I started our third poetry class with the Mary Oliver poem, “At Great Pond.” It begins with the rising sun, just as L~’s opening line from the previous week does, but treats the subject with considerably more lyricism. It was an excellent illustration, I thought, of a fertile poetic imagination at play:
At Great Pond
the sun, rising,
scrapes his orange breast
on the thick pines,
and down tumble
a few orange feathers into
the dark water.
On the far shore
a white bird is standing
like a white candle —
or a man, in the distance,
in the clasp of some meditation —
while all around me the lilies
are breaking open again
from the black cave
of the night.
Later, I will consider
what I have seen —
what it could signify —
what words of adoration I might
make of it, and to do this
I will go indoors to my desk —
I will sit in my chair —
I will look back
into the lost morning
in which I am moving, now,
like a swimmer,
I am almost the lily —
almost the bird vanishing over the water
on its sleeves of night.
To give each poet-in-training more practice with metaphor, I posed two questions from a collection called Noodle Talk that I created (in a previous lifetime) to enrich and enliven interpersonal communication.
If the worst aspect of your personality were to manifest as a natural disaster what form would it take?
The question proved challenging on two counts. First, each respondent had to identify one of his/her least attractive traits, and once that was done, imagine the form it would take if expressed as a natural destructive force. Although I told them what my answer was, and suggested they imagine themselves as Mother Earth in a terrible mood (the same way an actor steps into a particular role without actually becoming that character), nothing worked. It was simply impossible for them to make the leap into abstraction, to think of themselves as anything other than the person they saw in the mirror.
I give credit to E1~ though for being positively articulate and impassioned about her position:
“I’ve worked so hard,” she said, “to become what I think I am, to find a space for [myself] in the world where [I can] feel comfortable and play an assigned role . . . Besides, anything can be good or bad — a torrential downpour can cause a flood or revive drought-stricken crops — [it’s] what happens in life.”

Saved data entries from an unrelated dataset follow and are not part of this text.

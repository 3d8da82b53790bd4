//! Nodes made of their parts.
//!
//! A node whose parts are lists or may be missing is made here, so that its tree is known by theirs.

ghost use Rattle.std.specs.Prelude.{◌≡◌, option_map, IfOk};
ghost use Rattle.c_tree.specs.Lists as lists;
ghost use Rattle.c_tree.specs.Tree as trees;
ghost use Rattle.c_tree.specs.Unit.{spec_words_from};
ghost use Rattle.c_tree.specs.View.{expr_of, spec_word_of, struct_item_of, mem_declr_of, declr_of, declaration_of, dots_of};

use c_syntax::{
    ArraySize, ArrayWord, Attr, Braced, BracedList, Declaration, Declr, Ellipsis, Enum, Enumerator,
    Expr, Identifier, InitDeclr, Listed, Marked, MemDeclr, Member, Param, PointerWord, SpecWord,
    Specs, Struct, StructItem, TypeName, Word,
};
use qual_base::{NoMemory, TokenId};
use std::alloc::Global;

/// A cast.
pub fn cast(open: TokenId, type_name: TypeName, close: TokenId, operand: Box<Expr>) -> Expr
    ensures { expr_of result ≡ trees.cast «open» (spec_words_from type_name.specs.words.items)
        (lists.some_declr_from type_name.declr) close (expr_of operand.value) }
{
    Expr::Cast {
        open,
        type_name,
        close,
        operand,
    }
}

/// `sizeof` or `_Alignof` of a type.
pub fn sizeof_type(keyword: Word, open: TokenId, type_name: TypeName, close: TokenId) -> Expr
    ensures { expr_of result ≡ trees.sizeof_type keyword «open»
        (spec_words_from type_name.specs.words.items)
        (lists.some_declr_from type_name.declr) close }
{
    Expr::SizeofType {
        keyword,
        open,
        type_name,
        close,
    }
}

/// A call.
pub fn call(callee: Box<Expr>, open: TokenId, arguments: Vec<Expr>, close: TokenId) -> Expr
    ensures { expr_of result ≡ trees.call (expr_of callee.value) «open»
        (lists.exprs_from arguments.items) close }
{
    Expr::Call {
        callee,
        open,
        arguments,
        close,
    }
}

/// A struct or a union as a word of specifiers.
pub fn struct_word(
    alloc: Global,
    keyword: Word,
    attrs: Vec<Attr>,
    tag: Option<Identifier>,
    body: Option<Braced<StructItem>>,
) -> Result<SpecWord, NoMemory>
    ensures { IfOk result (λ word. spec_word_of word ≡ trees.struct_type keyword attrs.items tag
        (lists.some_body_from body)) }
{
    let made = Box::new(
        alloc,
        Struct {
            keyword,
            attrs,
            tag,
            body,
        },
    );
    match made {
        Ok(made) => Ok(SpecWord::Struct(made)),
        Err(_) => Err(NoMemory),
    }
}

/// An enum as a word of specifiers.
pub fn enum_word(
    alloc: Global,
    keyword: TokenId,
    attrs: Vec<Attr>,
    tag: Option<Identifier>,
    body: Option<BracedList<Enumerator>>,
) -> Result<SpecWord, NoMemory>
    ensures { IfOk result
        (λ word. spec_word_of word ≡ trees.enum_type
        (trees.enum_of keyword attrs.items tag (lists.some_enum_body_from body))) }
{
    let made = Box::new(
        alloc,
        Enum {
            keyword,
            attrs,
            tag,
            body,
        },
    );
    match made {
        Ok(made) => Ok(SpecWord::Enum(made)),
        Err(_) => Err(NoMemory),
    }
}

/// A member.
pub fn member(
    extensions: Vec<TokenId>,
    specs: Specs,
    declrs: Vec<Listed<MemDeclr>>,
    semi: TokenId,
) -> StructItem
    ensures { struct_item_of result ≡ trees.member extensions.items
        (spec_words_from specs.words.items) (lists.mem_declrs_from declrs.items) semi }
{
    StructItem::Member(Member {
        extensions,
        specs,
        declrs,
        semi,
    })
}

/// A member's declarator with its width.
pub fn named(declr: Box<Declr>, width: Option<Marked<Box<Expr>>>, attrs: Vec<Attr>) -> MemDeclr
    ensures { mem_declr_of result ≡ trees.named (declr_of declr.value)
        (lists.some_value_from width) attrs.items }
{
    MemDeclr::Named {
        declr,
        width,
        attrs,
    }
}

/// An array behind a declarator with a name.
pub fn array(
    inner: Box<Declr>,
    open: TokenId,
    words: Vec<ArrayWord>,
    size: Option<ArraySize>,
    close: TokenId,
) -> Declr
    ensures { declr_of result ≡ trees.array (declr_of inner.value) «open» words.items
        (lists.some_size_from size) close }
{
    Declr::Array {
        inner,
        open,
        words,
        size,
        close,
    }
}

/// Parameters behind a declarator with a name.
pub fn params(
    inner: Box<Declr>,
    open: TokenId,
    params: Vec<Param>,
    ellipsis: Option<Ellipsis>,
    close: TokenId,
) -> Declr
    ensures { declr_of result ≡ trees.params (declr_of inner.value) «open»
        (lists.params_from params.items) (option_map dots_of ellipsis) close }
{
    Declr::Params {
        inner,
        open,
        params,
        ellipsis,
        close,
    }
}

/// A pointer in a declarator without a name.
pub fn abs_pointer(star: TokenId, words: Vec<PointerWord>, inner: Option<Box<Declr>>) -> Declr
    ensures { declr_of result ≡ trees.abs_pointer star words.items (lists.some_declr_from inner) }
{
    Declr::AbsPointer { star, words, inner }
}

/// An array in a declarator without a name.
pub fn abs_array(
    inner: Option<Box<Declr>>,
    open: TokenId,
    words: Vec<ArrayWord>,
    size: Option<ArraySize>,
    close: TokenId,
) -> Declr
    ensures { declr_of result ≡ trees.abs_array (lists.some_declr_from inner) «open» words.items
        (lists.some_size_from size) close }
{
    Declr::AbsArray {
        inner,
        open,
        words,
        size,
        close,
    }
}

/// Parameters in a declarator without a name.
pub fn abs_params(
    inner: Option<Box<Declr>>,
    open: TokenId,
    params: Vec<Param>,
    ellipsis: Option<Ellipsis>,
    close: TokenId,
) -> Declr
    ensures { declr_of result ≡ trees.abs_params (lists.some_declr_from inner) «open»
        (lists.params_from params.items) (option_map dots_of ellipsis) close }
{
    Declr::AbsParams {
        inner,
        open,
        params,
        ellipsis,
        close,
    }
}

/// A declaration.
pub fn declaration(
    extensions: Vec<TokenId>,
    specs: Specs,
    declrs: Vec<Listed<InitDeclr>>,
    semi: TokenId,
) -> Declaration
    ensures { declaration_of result ≡ trees.declaration extensions.items
        (spec_words_from specs.words.items) (lists.init_declrs_from declrs.items) semi }
{
    Declaration {
        extensions,
        specs,
        declrs,
        semi,
    }
}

And I had to admit, her point was an excellent one.
The second question proved more accessible:
Please describe the location and characteristics of a road that would be built in your honor and named after you. (It needn’t be real.) Be sure to include any travel restrictions or services along its route. Its name?
The answers weren’t at all what I was expecting, and came without hesitation. S~, who is hard of hearing and rarely speaks, went first. She described a road that takes many routes to the same destination, i.e., the end of life and an acceptance and understanding of God. It was the deepest response I had ever heard to this question.
J~’s speech is limited but by playing Twenty Questions with him, we learned that his road was a narrow one with a single lane going in each direction. It had room for cars and pedestrians. A traveler could get on and off anywhere, and go anyplace. It started and ended nowhere and was like life itself.
For E2~ , the road began where she was living now and went straight to the end. Her body language, teary eyes, and abrupt silence completed the description. There was no need for her to say more. We all sat quietly, a bit stunned. I worried that I had inadvertently opened up a space too raw and painful, and which I was not equipped to handle. E1~, in her inimitable fashion, tried reassuring her: “You have many years to go,” she said, “and you can make whatever you want of your life here.” I moved to where E2~ sat and rested my hand on her shoulder. Stillness prevailed. I asked if she was OK and whether there was anything else she wanted to say or needed from us. I thanked her for opening her heart to us with such courage and trust.
We never got to E1~’s road. She too, got in touch with how difficult this final stage of life is. Acting big and strong, she admitted, was “just a cover” for the fear and anguish she lived with, and which only she could resolve. Whatever sadness was in her voice was balanced by a healthy amount of self-awareness and acceptance.
I wondered what to do next, and finally suggested a collaborative poetry exercise similar to the drawing one that succeeded a few weeks earlier. I asked each resident to select a word from the sheets of return address labels we had worked with the previous session. Their selection was placed on a black sheet of paper which was then passed on to the next person. He/she would add another word in sequence, and so on around the table — six sheets (to accommodate a latecomer), six poems in the making. If I remember correctly, the first words chosen were: see, anywhere, inexplicable, miles, imagination, prayer. (Not everyone added a word to each sheet.)
Back home, I realized that the individual lines made a pretty credible poem by themselves, an evocative one that beautifully reflected the mystery that preoccupied us this morning. (Apart from arranging them in sequence, the only editing I’ve done is in the fourth line where I deleted “anywhere” and switched around the remaining words.)
To see all around the earth
This inexplicable world,
Secret miles absolutely hidden.
Repenting, perfect prayer.
[Note: Following the class, I told one of the social workers what had happened. She was grateful for the report and said she would follow up in private sessions. She thought it was very important that two of the participants had been able to share their most worrisome fears in the group.]